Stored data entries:
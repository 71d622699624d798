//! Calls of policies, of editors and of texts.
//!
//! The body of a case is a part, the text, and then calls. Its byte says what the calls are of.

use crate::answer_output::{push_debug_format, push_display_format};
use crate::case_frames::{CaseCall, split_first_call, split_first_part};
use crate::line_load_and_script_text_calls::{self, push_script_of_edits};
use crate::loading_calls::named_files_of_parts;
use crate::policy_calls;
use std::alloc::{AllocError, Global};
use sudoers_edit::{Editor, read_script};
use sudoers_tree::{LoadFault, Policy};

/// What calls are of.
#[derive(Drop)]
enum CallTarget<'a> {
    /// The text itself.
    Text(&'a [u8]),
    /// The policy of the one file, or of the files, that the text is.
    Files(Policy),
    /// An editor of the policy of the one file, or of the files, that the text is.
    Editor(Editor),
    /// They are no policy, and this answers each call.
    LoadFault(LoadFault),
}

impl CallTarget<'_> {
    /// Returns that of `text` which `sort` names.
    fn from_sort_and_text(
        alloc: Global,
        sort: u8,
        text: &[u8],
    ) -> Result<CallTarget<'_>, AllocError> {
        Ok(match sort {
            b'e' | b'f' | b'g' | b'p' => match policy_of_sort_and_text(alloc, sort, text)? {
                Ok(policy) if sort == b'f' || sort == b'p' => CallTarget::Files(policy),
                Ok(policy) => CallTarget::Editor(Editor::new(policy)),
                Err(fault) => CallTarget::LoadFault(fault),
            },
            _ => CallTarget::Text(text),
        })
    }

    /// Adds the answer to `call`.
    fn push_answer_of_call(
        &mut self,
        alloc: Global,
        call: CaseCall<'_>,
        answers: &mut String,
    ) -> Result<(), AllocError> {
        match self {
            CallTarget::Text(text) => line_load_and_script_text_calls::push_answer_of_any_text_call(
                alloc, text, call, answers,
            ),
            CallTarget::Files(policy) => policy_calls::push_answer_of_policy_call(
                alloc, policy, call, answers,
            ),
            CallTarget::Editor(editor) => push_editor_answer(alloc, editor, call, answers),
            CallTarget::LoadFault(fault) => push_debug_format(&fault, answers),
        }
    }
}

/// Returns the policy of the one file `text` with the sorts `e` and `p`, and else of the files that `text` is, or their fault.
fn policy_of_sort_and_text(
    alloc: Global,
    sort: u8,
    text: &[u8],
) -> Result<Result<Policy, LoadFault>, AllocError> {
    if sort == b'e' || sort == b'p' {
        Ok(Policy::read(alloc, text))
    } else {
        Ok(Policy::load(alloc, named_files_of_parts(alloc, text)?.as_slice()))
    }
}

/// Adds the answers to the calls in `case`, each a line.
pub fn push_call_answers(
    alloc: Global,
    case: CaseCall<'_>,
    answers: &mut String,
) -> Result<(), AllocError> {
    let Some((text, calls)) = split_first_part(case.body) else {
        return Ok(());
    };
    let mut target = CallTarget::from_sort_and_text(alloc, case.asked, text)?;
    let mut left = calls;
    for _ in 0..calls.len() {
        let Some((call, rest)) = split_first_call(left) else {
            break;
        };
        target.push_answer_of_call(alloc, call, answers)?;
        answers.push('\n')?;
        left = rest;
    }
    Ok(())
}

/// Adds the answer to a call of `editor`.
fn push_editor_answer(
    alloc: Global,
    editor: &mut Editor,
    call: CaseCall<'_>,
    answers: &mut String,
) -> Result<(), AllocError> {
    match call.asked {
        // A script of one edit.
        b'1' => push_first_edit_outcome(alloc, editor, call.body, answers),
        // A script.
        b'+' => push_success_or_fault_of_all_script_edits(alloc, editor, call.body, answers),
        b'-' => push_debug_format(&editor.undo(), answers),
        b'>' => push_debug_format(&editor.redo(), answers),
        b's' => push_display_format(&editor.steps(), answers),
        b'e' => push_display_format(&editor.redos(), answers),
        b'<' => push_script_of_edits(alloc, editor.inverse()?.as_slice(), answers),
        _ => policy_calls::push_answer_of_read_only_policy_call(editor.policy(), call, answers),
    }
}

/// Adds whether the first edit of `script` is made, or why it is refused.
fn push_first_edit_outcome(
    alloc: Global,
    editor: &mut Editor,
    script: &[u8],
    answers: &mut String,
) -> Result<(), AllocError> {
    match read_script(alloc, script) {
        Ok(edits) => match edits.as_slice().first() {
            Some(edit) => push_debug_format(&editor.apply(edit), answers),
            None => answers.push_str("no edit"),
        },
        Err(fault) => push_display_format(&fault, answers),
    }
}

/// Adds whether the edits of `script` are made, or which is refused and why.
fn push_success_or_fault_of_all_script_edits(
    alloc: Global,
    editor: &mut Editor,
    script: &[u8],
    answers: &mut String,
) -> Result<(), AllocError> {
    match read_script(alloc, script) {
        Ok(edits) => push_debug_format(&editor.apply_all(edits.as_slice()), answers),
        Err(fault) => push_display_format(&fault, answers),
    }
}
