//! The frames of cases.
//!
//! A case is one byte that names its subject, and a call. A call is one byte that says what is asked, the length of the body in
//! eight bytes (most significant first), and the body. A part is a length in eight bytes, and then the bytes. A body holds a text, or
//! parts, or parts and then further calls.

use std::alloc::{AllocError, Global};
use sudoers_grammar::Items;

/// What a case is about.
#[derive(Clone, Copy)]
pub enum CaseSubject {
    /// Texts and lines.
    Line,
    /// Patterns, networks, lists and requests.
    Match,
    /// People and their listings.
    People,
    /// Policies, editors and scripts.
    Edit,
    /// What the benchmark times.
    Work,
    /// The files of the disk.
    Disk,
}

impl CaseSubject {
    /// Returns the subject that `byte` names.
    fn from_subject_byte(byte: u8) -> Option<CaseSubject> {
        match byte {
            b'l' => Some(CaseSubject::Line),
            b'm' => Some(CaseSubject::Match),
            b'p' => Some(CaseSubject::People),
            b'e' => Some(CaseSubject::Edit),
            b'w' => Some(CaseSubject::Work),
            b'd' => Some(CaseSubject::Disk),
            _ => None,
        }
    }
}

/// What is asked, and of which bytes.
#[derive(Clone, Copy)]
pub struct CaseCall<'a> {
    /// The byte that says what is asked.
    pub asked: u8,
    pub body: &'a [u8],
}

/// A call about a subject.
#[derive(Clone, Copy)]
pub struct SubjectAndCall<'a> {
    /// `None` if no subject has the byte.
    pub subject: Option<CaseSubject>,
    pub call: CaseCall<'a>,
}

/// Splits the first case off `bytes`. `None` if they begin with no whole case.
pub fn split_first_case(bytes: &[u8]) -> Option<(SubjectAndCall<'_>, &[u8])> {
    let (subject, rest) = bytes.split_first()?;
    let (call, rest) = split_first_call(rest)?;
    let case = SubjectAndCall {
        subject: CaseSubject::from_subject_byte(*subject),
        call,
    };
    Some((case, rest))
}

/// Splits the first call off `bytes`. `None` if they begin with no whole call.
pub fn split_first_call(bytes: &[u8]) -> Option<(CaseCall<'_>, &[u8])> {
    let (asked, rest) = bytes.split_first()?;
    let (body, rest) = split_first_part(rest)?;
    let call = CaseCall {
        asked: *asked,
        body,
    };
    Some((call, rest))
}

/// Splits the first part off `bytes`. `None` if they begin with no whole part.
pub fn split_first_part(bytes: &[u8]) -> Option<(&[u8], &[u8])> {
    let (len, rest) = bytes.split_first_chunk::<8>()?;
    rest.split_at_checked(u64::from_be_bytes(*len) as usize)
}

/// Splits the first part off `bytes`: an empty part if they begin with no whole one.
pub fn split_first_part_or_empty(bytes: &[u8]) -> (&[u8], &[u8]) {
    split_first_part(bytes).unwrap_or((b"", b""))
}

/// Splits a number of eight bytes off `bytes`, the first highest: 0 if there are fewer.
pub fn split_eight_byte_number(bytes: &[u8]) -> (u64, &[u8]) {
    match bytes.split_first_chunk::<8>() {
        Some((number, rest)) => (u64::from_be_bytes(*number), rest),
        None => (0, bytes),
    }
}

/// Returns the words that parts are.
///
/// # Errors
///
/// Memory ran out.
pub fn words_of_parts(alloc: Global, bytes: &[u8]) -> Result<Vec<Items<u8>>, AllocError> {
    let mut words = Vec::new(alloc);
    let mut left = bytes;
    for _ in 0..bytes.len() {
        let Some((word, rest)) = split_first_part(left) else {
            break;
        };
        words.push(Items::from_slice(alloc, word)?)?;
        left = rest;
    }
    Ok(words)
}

WORK ITEM → Could you count how many lines in the records contain the word "CaseCall"? Only the number is needed.

RESULT FOR THIS EXERCISE → 8